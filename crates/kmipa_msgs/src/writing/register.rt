//! Register: what is brought, and its answer.

ghost use Rattle.std.specs.Prelude.{◌≡◌, IfOk};
ghost use Rattle.kmipa_ttlv.specs.Tree.{structure};
ghost use Rattle.kmipa_ttlv.specs.ItemTree.{tree};
ghost use Rattle.kmipa_attrs.specs.Tags.{request_payload, response_payload};
ghost use Rattle.kmipa_msgs.specs.Messages.{register_of, registered_of};
ghost use Rattle.kmipa_msgs.specs.WrittenFields.{in_order};
ghost use Rattle.kmipa_msgs.specs.Registers.{register_fields, registered_fields};

use super::fields::Fields;
use super::object::write_object;
use crate::request::Register;
use crate::response::Registered;
use kmipa_attrs::tags::{OBJECT_TYPE, REQUEST_PAYLOAD, RESPONSE_PAYLOAD, UNIQUE_IDENTIFIER};
use kmipa_attrs::write_attrs;
use kmipa_ttlv::Item;
use std::alloc::{AllocError, Global};

/// The Request Payload of a Register. Its Attributes are there also where they are empty.
pub(super) fn write_register(alloc: Global, register: &Register) -> Result<Item, AllocError>
    ensures { IfOk result
        (λ item. tree item ≡ structure request_payload (in_order (register_fields (register_of register.now)))) }
{
    let mut fields = Fields::new(alloc);
    fields.enumeration(OBJECT_TYPE, Some(register.object_type.number()))?;
    fields.item(write_attrs(alloc, &register.attributes)?)?;
    fields.item(write_object(alloc, register.object_type, &register.block)?)?;
    Ok(fields.structure(REQUEST_PAYLOAD))
}

/// The Response Payload of a Create or a Register.
pub(super) fn write_registered(alloc: Global, registered: &Registered) -> Result<Item, AllocError>
    ensures { IfOk result
        (λ item. tree item ≡ structure response_payload (in_order (registered_fields (registered_of registered.now)))) }
{
    let mut fields = Fields::new(alloc);
    fields.enumeration(OBJECT_TYPE, registered.object_type)?;
    fields.text(UNIQUE_IDENTIFIER, Some(registered.id))?;
    Ok(fields.structure(RESPONSE_PAYLOAD))
}
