//! The lists of the operations whose payloads are written.

ghost use Rattle.std.specs.Prelude.{◌≡◌, IfOk};
ghost use Rattle.kmipa_ttlv.specs.ItemTree.{tree};
ghost use Rattle.kmipa_msgs.specs.Messages.{asked_of, payload_of};
ghost use Rattle.kmipa_msgs.specs.Written.{written_asked, written_payload};

use super::activate::write_activate;
use super::create::write_create;
use super::destroy::write_destroy;
use super::fields::Fields;
use super::get::{write_get, write_got};
use super::get_attributes::{write_get_attributes, write_got_attributes};
use super::identifier::write_identifier;
use super::locate::{write_locate, write_located};
use super::register::{write_register, write_registered};
use super::revoke::write_revoke;
use crate::request::Asked;
use crate::response::Payload;
use kmipa_attrs::tags::{REQUEST_PAYLOAD, RESPONSE_PAYLOAD};
use kmipa_ttlv::Item;
use std::alloc::{AllocError, Global};

/// Request Payload.
pub(super) fn write_asked(alloc: Global, asked: &Asked) -> Result<Item, AllocError>
    ensures { IfOk result (λ item. tree item ≡ written_asked (asked_of asked.now)) }
{
    match asked {
        Asked::Create(create) => write_create(alloc, create),
        Asked::Register(register) => write_register(alloc, register),
        Asked::Locate(locate) => write_locate(alloc, locate),
        Asked::Get(get) => write_get(alloc, get),
        Asked::GetAttributes(get) => write_get_attributes(alloc, get),
        Asked::Revoke(revoke) => write_revoke(alloc, revoke),
        Asked::Activate(activate) => write_activate(alloc, activate),
        Asked::Destroy(destroy) => write_destroy(alloc, destroy),
        Asked::Idle(_) | Asked::Other(_) => Ok(Fields::new(alloc).structure(REQUEST_PAYLOAD)),
    }
}

/// Response Payload.
pub(super) fn write_payload(alloc: Global, payload: &Payload) -> Result<Item, AllocError>
    ensures { IfOk result (λ item. tree item ≡ written_payload (payload_of payload.now)) }
{
    match payload {
        Payload::Create(made) | Payload::Register(made) => write_registered(alloc, made),
        Payload::Locate(located) => write_located(alloc, located),
        Payload::Get(got) => write_got(alloc, got),
        Payload::GetAttributes(got) => write_got_attributes(alloc, got),
        Payload::Change(changed) => write_identifier(alloc, RESPONSE_PAYLOAD, changed.id),
    }
}
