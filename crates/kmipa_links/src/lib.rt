//! The links of a recording's segments: none is missing, doubled or moved, and no call stands in two.
#![tactic(auto)]

mod gap;
mod gap_finding;
mod linking;
mod links;
mod numbers;

pub use gap::{Gap, Unlinked};
pub use linking::{link_segment, read_segment};
pub use links::Links;
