//! Response Message.

ghost use Rattle.std.specs.Prelude.{◌≡◌, ◌<◌, IfOk, length};
ghost use Rattle.kmipa_ttlv.specs.ItemTree.{tree};
ghost use Rattle.kmipa_ttlv.specs.Tree.{Tree};
ghost use Rattle.kmipa_msgs.specs.Messages.{answer_of, RequestOf, response_of};
ghost use Rattle.kmipa_msgs.specs.Responses.{SaysResponse};
ghost use Rattle.kmipa_msgs.specs.Writable.{IsWritableResponse};
ghost use Rattle.kmipa_msgs.specs.Written.{written_answer, written_response_header, written_response};

use super::fields::Fields;
use super::header::write_version;
use super::operations::write_payload;
use crate::response::{Answer, Response};
use kmipa_attrs::tags::{
    BATCH_COUNT, BATCH_ITEM, OPERATION, RESPONSE_HEADER, RESPONSE_MESSAGE, RESULT_REASON,
    RESULT_STATUS, TIME_STAMP, UNIQUE_BATCH_ITEM_ID,
};
use kmipa_ttlv::Item;
use std::alloc::{AllocError, Global};

/// The Response Message that says the response beside each request beside which any does: it has an item, and a
/// payload where one is to be there, of the operation asked for, and nowhere else. Of more items than an Integer counts
/// none does. No undone payload may be without children, which is read as absent. Only want of memory is an error.
pub fn write_response(alloc: Global, response: &Response) -> Result<Item, AllocError>
    requires { length response.now.items.items < 0x8000_0000 }
    ensures order { IfOk result (λ item. tree item ≡ written_response (response_of response.now)) }
    ensures said { IfOk result (λ item. (t : Tree) (request : RequestOf)
        → SaysResponse t request (response_of response.now) → IsWritableResponse (response_of response.now)
        → SaysResponse (tree item) request (response_of response.now)) }
{
    let mut fields = Fields::new(alloc);
    fields.item(write_header(alloc, response)?)?;
    for answer in &response.items {
        fields.item(write_answer(alloc, answer)?)?;
    }
    Ok(fields.structure(RESPONSE_MESSAGE))
}

/// Response Header.
fn write_header(alloc: Global, response: &Response) -> Result<Item, AllocError>
    requires { length response.now.items.items < 0x8000_0000 }
    ensures { IfOk result (λ item. tree item ≡ written_response_header (response_of response.now)) }
{
    let mut fields = Fields::new(alloc);
    fields.item(write_version(alloc)?)?;
    fields.date_time(TIME_STAMP, Some(response.stamp))?;
    fields.integer(BATCH_COUNT, Some(response.items.as_slice().len() as i32))?;
    Ok(fields.structure(RESPONSE_HEADER))
}

/// A Batch Item of a response.
fn write_answer(alloc: Global, answer: &Answer) -> Result<Item, AllocError>
    ensures { IfOk result (λ item. tree item ≡ written_answer (answer_of answer.now)) }
{
    let mut fields = Fields::new(alloc);
    fields.enumeration(OPERATION, answer.operation)?;
    fields.bytes(UNIQUE_BATCH_ITEM_ID, answer.batch_id)?;
    fields.enumeration(RESULT_STATUS, Some(answer.status.number()))?;
    fields.enumeration(RESULT_REASON, answer.reason)?;
    if let Some(payload) = &answer.payload {
        fields.item(write_payload(alloc, payload)?)?;
    }
    Ok(fields.structure(BATCH_ITEM))
}
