//! Whether a call has its places, and what there is to judge.

ghost use Rattle.std.specs.Prelude.{◌≡◌, ◌↔◌, ◌<◌, ◌≤◌, ℕ, IsTrue, length};
ghost use Rattle.std.specs.List.{list_all};
ghost use Rattle.kmipa_places.specs.Calls.{read_of};
ghost use Rattle.kmipa_places.specs.Places.{place_of};
ghost use Rattle.kmipa_bundle.specs.Bundles.{IsWhole};
ghost use Rattle.kmipa_bundle.specs.Refusals.{is_readable_at, is_readable_call};

use kmipa_ops::is_readable;
use kmipa_places::{Place, Readable};

/// Whether each item that has an answer has its place, as in each call that was read. `take_call` wants it.
pub fn is_whole_call(call: &Readable) -> bool
    ensures { IsTrue result ↔ IsWhole (read_of call.now) }
{
    answered_count(call) <= call.places.len()
}

/// How many places have an item and an answer: the first ones.
fn answered_count(call: &Readable) -> usize
    ensures asks { result ≤ call.now.asks }
    ensures answers { result ≤ length call.now.outcomes.items }
    ensures all { (k : ℕ) → k < call.now.asks → k < length call.now.outcomes.items → k < result }
{
    usize::min(call.asks, call.outcomes.len())
}

/// Whether each answer of a judged place has what there is to judge, unless the message is refused as a whole: then there is nothing to judge.
/// `take_call` wants it.
pub fn is_readable_call(call: &Readable) -> bool
    ensures { result ≡ is_readable_call (read_of call.now) }
{
    call.refused || are_readable(call.places.as_slice())
}

fn are_readable(places: &[Place]) -> bool
    ensures { result ≡ list_all (λ (place : Place). is_readable_at (place_of place)) places.now }
{
    places.iter().all(|place| is_readable_at(place))
}

fn is_readable_at(place: &Place) -> bool
    ensures { result ≡ is_readable_at (place_of place.now) }
{
    match place {
        Place::Judged(ask, answer) => is_readable(ask, answer),
        Place::Passed(_, _) => true,
    }
}
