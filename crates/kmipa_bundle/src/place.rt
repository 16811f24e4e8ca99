//! One place, taken over any ledger.

ghost use Rattle.std.specs.Prelude.{◌≡◌, true};
ghost use Rattle.kmipa_store.specs.Choices.{IsSound};
ghost use Rattle.kmipa_passed.specs.Leaving.{held_of};
ghost use Rattle.kmipa_aside.specs.Sights.{sight_of};
ghost use Rattle.kmipa_places.specs.Places.{place_of};
ghost use Rattle.kmipa_bundle.specs.Refusals.{is_readable_at};
ghost use Rattle.kmipa_bundle.specs.Running.{TakenPlace};

use kmipa_aside::{Item, Sight, take_in_sight, take_passed};
use kmipa_ops::Refusal;
use kmipa_passed::Held;
use kmipa_places::Place;
use kmipa_store::Ledger;
use std::alloc::Global;

/// Takes a place at the moment `t`, where the ID Placeholder held this, and answers what it holds behind it.
pub(crate) fn take_place<'p, L: Ledger>(
    alloc: Global,
    ledger: &mut L,
    sight: Sight<'_, 'p>,
    t: i64,
    before: Held<'p>,
    place: &'p Place<'p>,
) -> Result<Held<'p>, Refusal>
    requires sound { IsSound (L.state ledger.old).now }
    requires readable { is_readable_at (place_of place.now) ≡ true }
    ensures { TakenPlace (sight_of sight.entry) (L.state ledger.old) (held_of before.entry) t (place_of place.now) result
        (L.state ledger.new) }
{
    match place {
        Place::Judged(ask, answer) => {
            let item = Item {
                moment: t,
                before,
                ask,
                answer,
            };
            take_in_sight(alloc, ledger, sight, item)
        }
        Place::Passed(_, passed) => take_passed(alloc, ledger, t, before, passed),
    }
}
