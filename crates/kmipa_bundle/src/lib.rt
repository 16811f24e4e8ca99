//! One call, taken over a ledger beside what is set aside: its places, each judged or passed.
#![tactic(auto)]

mod along;
mod counts;
mod laws;
mod order;
mod place;
mod progress;
mod readable;
mod ruling;
mod shape;
mod taking;

pub use counts::Counts;
pub use laws::{deeds_compose, read_calls_are_whole, refusals_are_exact};
pub use order::{is_taking_order, is_unordered};
pub use readable::{is_readable_call, is_whole_call};
pub use taking::take_call;
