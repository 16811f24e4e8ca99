//! The fields of a structure that is written.

ghost use Rattle.std.specs.Prelude.{◌≡◌, ◌<◌, OnOk, Some};
ghost use Rattle.kmipa_ttlv.specs.Tree.{none, structure};
ghost use Rattle.kmipa_ttlv.specs.Tree;
ghost use Rattle.kmipa_ttlv.specs.ItemTree.{tree};
ghost use Rattle.kmipa_msgs.specs.Messages.{maybe_lent};
ghost use Rattle.kmipa_msgs.specs.WrittenFields.{with_field, field};

use kmipa_ttlv::{Item, Tag};
use std::alloc::{AllocError, Global};

/// The children of a structure so far, in the order of their calls. An optional field without a value adds none.
#[derive(Drop)]
pub(super) struct Fields {
    children: Vec<Item>,
    alloc: Global,
}

impl Fields {
    ghost use Rattle.kmipa_msgs.specs.Writing.{fields_of};

    /// No children.
    pub(super) fn new(alloc: Global) -> Fields
        ensures { fields_of result ≡ none }
    {
        Fields {
            children: Vec::new(alloc),
            alloc,
        }
    }

    /// A child as it is.
    pub(super) fn item(&mut self, item: Item) -> Result<(), AllocError>
        ensures { OnOk result (fields_of self.new ≡ with_field (fields_of self.old) (Some (tree item))) }
    {
        self.children.push(item)?;
        Ok(())
    }

    /// An Enumeration.
    pub(super) fn enumeration(&mut self, tag: u32, number: Option<u32>) -> Result<(), AllocError>
        requires { tag < 0x100_0000 }
        ensures { OnOk result
            (fields_of self.new ≡ with_field (fields_of self.old) (field Tree.enumeration tag number)) }
    {
        match number {
            Some(number) => self.item(Item::enumeration(Tag { number: tag }, number)),
            None => Ok(()),
        }
    }

    /// An Integer.
    pub(super) fn integer(&mut self, tag: u32, number: Option<i32>) -> Result<(), AllocError>
        requires { tag < 0x100_0000 }
        ensures { OnOk result (fields_of self.new ≡ with_field (fields_of self.old) (field Tree.integer tag number)) }
    {
        match number {
            Some(number) => self.item(Item::integer(Tag { number: tag }, number)),
            None => Ok(()),
        }
    }

    /// A Boolean.
    pub(super) fn boolean(&mut self, tag: u32, truth: Option<bool>) -> Result<(), AllocError>
        requires { tag < 0x100_0000 }
        ensures { OnOk result (fields_of self.new ≡ with_field (fields_of self.old) (field Tree.boolean tag truth)) }
    {
        match truth {
            Some(truth) => self.item(Item::boolean(Tag { number: tag }, truth)),
            None => Ok(()),
        }
    }

    /// A Date-Time.
    pub(super) fn date_time(&mut self, tag: u32, seconds: Option<i64>) -> Result<(), AllocError>
        requires { tag < 0x100_0000 }
        ensures { OnOk result
            (fields_of self.new ≡ with_field (fields_of self.old) (field Tree.date_time tag seconds)) }
    {
        match seconds {
            Some(seconds) => self.item(Item::date_time(Tag { number: tag }, seconds)),
            None => Ok(()),
        }
    }

    /// A Text String.
    pub(super) fn text(&mut self, tag: u32, text: Option<&str>) -> Result<(), AllocError>
        requires { tag < 0x100_0000 }
        ensures { OnOk result
            (fields_of self.new ≡ with_field (fields_of self.old) (field Tree.text tag (maybe_lent text.entry))) }
    {
        match text {
            Some(text) => self.item(Item::text(self.alloc, Tag { number: tag }, text)?),
            None => Ok(()),
        }
    }

    /// A Byte String.
    pub(super) fn bytes(&mut self, tag: u32, bytes: Option<&[u8]>) -> Result<(), AllocError>
        requires { tag < 0x100_0000 }
        ensures { OnOk result
            (fields_of self.new
            ≡ with_field (fields_of self.old) (field Tree.byte_string tag (maybe_lent bytes.entry))) }
    {
        match bytes {
            Some(bytes) => self.item(Item::bytes(self.alloc, Tag { number: tag }, bytes)?),
            None => Ok(()),
        }
    }

    /// The structure with these children.
    pub(super) fn structure(self, tag: u32) -> Item
        requires { tag < 0x100_0000 }
        ensures { tree result ≡ structure tag (fields_of self) }
    {
        Item::structure(Tag { number: tag }, self.children)
    }
}
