//! Key Blocks.

ghost use Rattle.std.specs.Prelude.{◌≡◌, IfOk};
ghost use Rattle.kmipa_ttlv.specs.ItemTree.{tree};
ghost use Rattle.kmipa_msgs.specs.Messages.{block_of};
ghost use Rattle.kmipa_msgs.specs.WrittenKeys.{written_value, written_block};

use super::fields::Fields;
use crate::key_block::KeyBlock;
use kmipa_attrs::tags::{
    CRYPTOGRAPHIC_ALGORITHM, CRYPTOGRAPHIC_LENGTH, KEY_BLOCK, KEY_FORMAT_TYPE, KEY_MATERIAL,
    KEY_VALUE,
};
use kmipa_ttlv::Item;
use std::alloc::{AllocError, Global};

/// Key Block.
pub(super) fn write_block(alloc: Global, block: &KeyBlock) -> Result<Item, AllocError>
    ensures { IfOk result (λ item. tree item ≡ written_block (block_of block.now)) }
{
    let mut fields = Fields::new(alloc);
    fields.enumeration(KEY_FORMAT_TYPE, Some(block.format.number()))?;
    fields.item(write_value(alloc, block.material)?)?;
    fields.enumeration(CRYPTOGRAPHIC_ALGORITHM, block.algorithm)?;
    fields.integer(CRYPTOGRAPHIC_LENGTH, block.length)?;
    Ok(fields.structure(KEY_BLOCK))
}

/// Key Value.
fn write_value(alloc: Global, material: &[u8]) -> Result<Item, AllocError>
    ensures { IfOk result (λ item. tree item ≡ written_value material.now) }
{
    let mut fields = Fields::new(alloc);
    fields.bytes(KEY_MATERIAL, Some(material))?;
    Ok(fields.structure(KEY_VALUE))
}
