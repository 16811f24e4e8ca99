//! One call, taken over any ledger.

ghost use Rattle.std.specs.Prelude.{◌≡◌, ◌<◌, ◌≤◌, All, IfSome, true, false, if◌then◌else◌, length, map};
ghost use Rattle.std.specs.List.{list_all};
ghost use Rattle.kmipa_store.specs.Ledger.{kept, undone};
ghost use Rattle.kmipa_store.specs.Choices.{IsSound};
ghost use Rattle.kmipa_msgs.specs.Messages.{maybe_lent, rules_of};
ghost use Rattle.kmipa_batch.specs.Fits.{FailedAt, undoes};
ghost use Rattle.kmipa_batch.specs.Orders.{order_given};
ghost use Rattle.kmipa_aside.specs.Becoming.{stand_in};
ghost use Rattle.kmipa_places.specs.Calls.{read_of};
ghost use Rattle.kmipa_places.specs.Places.{place_of};
ghost use Rattle.kmipa_bundle.specs.Bundles.{IsWhole, MayTake, call_seen};
ghost use Rattle.kmipa_bundle.specs.Counts.{CallCounted, counts_first, counts_of};
ghost use Rattle.kmipa_bundle.specs.Refusals.{CallTaken, is_readable_at, is_readable_call};
ghost use Rattle.kmipa_bundle.specs.Running.{Ran, TakesCount};
ghost use Rattle.kmipa_bundle.specs.Shapes.{answers_as};

use crate::along::{count_there, take_along};
use crate::counts::Counts;
use crate::order::is_unordered;
use crate::progress::Progress;
use crate::shape::{first_failed, first_unshaped};
use kmipa_aside::Sight;
use kmipa_batch::{CallRefusal, is_undone};
use kmipa_msgs::{BatchOption, Rules};
use kmipa_ops::Why;
use kmipa_passed::Held;
use kmipa_places::Readable;
use kmipa_store::{Ledger, Mark};
use std::alloc::Global;

/// Takes one call that can be read: its places at the Time Stamp of its response, and then what the Batch Error Continuation Option leaves of them.
/// They are taken by place, or else in the order of `places`, which are counted from 1. Where some world that the ledger stands for allows the
/// whole response, the ledger then stands for what the call leaves, and knows what the answers told; else the first item at which none does is
/// reported with the lowest reason, and nothing is changed. In an ordered call the shape of a place is judged just before its item; in a call
/// without order all shapes are judged first. A message that is refused as a whole changes nothing. After want of memory the ledger is as before.
/// It is told how many places are judged. What a server may hide from the client of the call is told by `sight`.
///
/// Each item that has an answer has its place, as `read_call` reads it: `IsWhole`. Each wanted payload has been put in: `is_readable_call`.
/// Places are given only where the items may be done in their order: `MayTake`.
pub fn take_call<'p, L: Ledger>(
    alloc: Global,
    ledger: &mut L,
    sight: Sight<'_, 'p>,
    call: &'p Readable<'p>,
    places: Option<&[usize]>,
) -> Result<Counts, CallRefusal>
    requires sound { IsSound (L.state ledger.old).now }
    requires whole { IsWhole (read_of call.now) }
    requires readable { is_readable_call (read_of call.now) ≡ true }
    requires from_one { IfSome (maybe_lent places) (λ ps. All (λ p. 1 ≤ p) ps) }
    requires order { MayTake (read_of call.now) (order_given (maybe_lent places)) }
    ensures taken { CallTaken (rules_of sight.entry.rules.now) (L.state ledger.old) (call_seen sight.entry call.now)
        (order_given (maybe_lent places.entry)) result (L.state ledger.new) }
    ensures counted { CallCounted (rules_of sight.entry.rules.now) (L.state ledger.old) (call_seen sight.entry call.now)
        (order_given (maybe_lent places.entry)) result (L.state ledger.new) }
{
    if call.refused {
        return Ok(count_first(ledger, sight.rules, call));
    }
    let Ok(mark) = ledger.mark() else {
        return Err(CallRefusal::Memory);
    };
    let failed = first_failed(call.outcomes.as_slice());
    match take_places(alloc, ledger, sight, call, places, failed) {
        Ok(counts) => {
            end(ledger, mark, call.option, failed);
            Ok(counts)
        }
        Err(refusal) => {
            ledger.back(mark);
            Err(refusal)
        }
    }
}

/// Counts the first place of a call, where there is one, as it stands.
fn count_first<'p, L: Ledger>(ledger: &L, rules: &Rules, call: &'p Readable<'p>) -> Counts
    ensures { counts_of result ≡ counts_first (rules_of rules.now) (stand_in (L.state ledger.now).now)
        (map place_of call.now.places.items) }
{
    let start = Progress {
        held: Held::Empty,
        counts: Counts::new(),
    };
    count_there(ledger, rules, call, start, 0)
}

/// Spends the mark of a call whose places were taken.
fn end<L: Ledger>(ledger: &mut L, mark: Mark, option: BatchOption, failed: Option<usize>)
    requires { mark.depth ≡ length (L.state ledger.old).marks }
    ensures { L.state ledger.new
        ≡ (if undoes option failed then undone (L.state ledger.old) else kept (L.state ledger.old)) }
{
    if is_undone(option, failed) {
        ledger.undo(mark);
    } else {
        ledger.keep(mark);
    }
}

/// Takes the places of a call. Where one hasn't its shape, the lowest such place is reported: in an ordered call after the places before it, if
/// those are possible, and in a call without order before all.
fn take_places<'p, L: Ledger>(
    alloc: Global,
    ledger: &mut L,
    sight: Sight<'_, 'p>,
    call: &'p Readable<'p>,
    places: Option<&[usize]>,
    failed: Option<usize>,
) -> Result<Counts, CallRefusal>
    requires sound { IsSound (L.state ledger.old).now }
    requires whole { IsWhole (read_of call.now) }
    requires readable { list_all is_readable_at (map place_of call.now.places.items) ≡ true }
    requires unrefused { call.now.refused ≡ false }
    requires failed_at { FailedAt (answers_as call.now.outcomes.items) failed }
    requires from_one { IfSome (maybe_lent places) (λ ps. All (λ p. 1 ≤ p) ps) }
    requires order { MayTake (read_of call.now) (order_given (maybe_lent places)) }
    ensures { Ran (rules_of sight.entry.rules.now) (L.state ledger.old) (call_seen sight.entry call.now) (order_given (maybe_lent places.entry)) result
        (L.state ledger.new) }
{
    let Some(unshaped) = first_unshaped(call, failed) else {
        let count = taken_count(call, places);
        return take_along(alloc, ledger, sight, call, places, count);
    };
    let refusal = CallRefusal::Impossible(unshaped + 1, Why::BatchShape);
    let shapes_first = is_unordered(call);
    if shapes_first {
        return Err(refusal);
    }
    take_along(alloc, ledger, sight, call, None, unshaped)?;
    Err(refusal)
}

/// How many places are taken: those that are given, or else all.
fn taken_count(call: &Readable, places: Option<&[usize]>) -> usize
    ensures { TakesCount (read_of call.now) (maybe_lent places.entry) result }
{
    match places {
        Some(places) => places.len(),
        None => call.places.len(),
    }
}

##############################

[WHAT YOU HAVE TO DO]: Pull out every line of the records above that contains the word "IsWhole".

[WRITTEN ANSWER]:
ghost use Rattle.kmipa_bundle.specs.Bundles.{IsWhole};
    ensures { IsTrue result ↔ IsWhole (read_of call.now) }
ghost use Rattle.kmipa_bundle.specs.Bundles.{IsWhole, MayTake, call_seen};
/// Each item that has an answer has its place, as `read_call` reads it: `IsWhole`. Each wanted payload has been put in: `is_readable_call`.
    requires whole { IsWhole (read_of call.now) }
    requires whole { IsWhole (read_of call.now) }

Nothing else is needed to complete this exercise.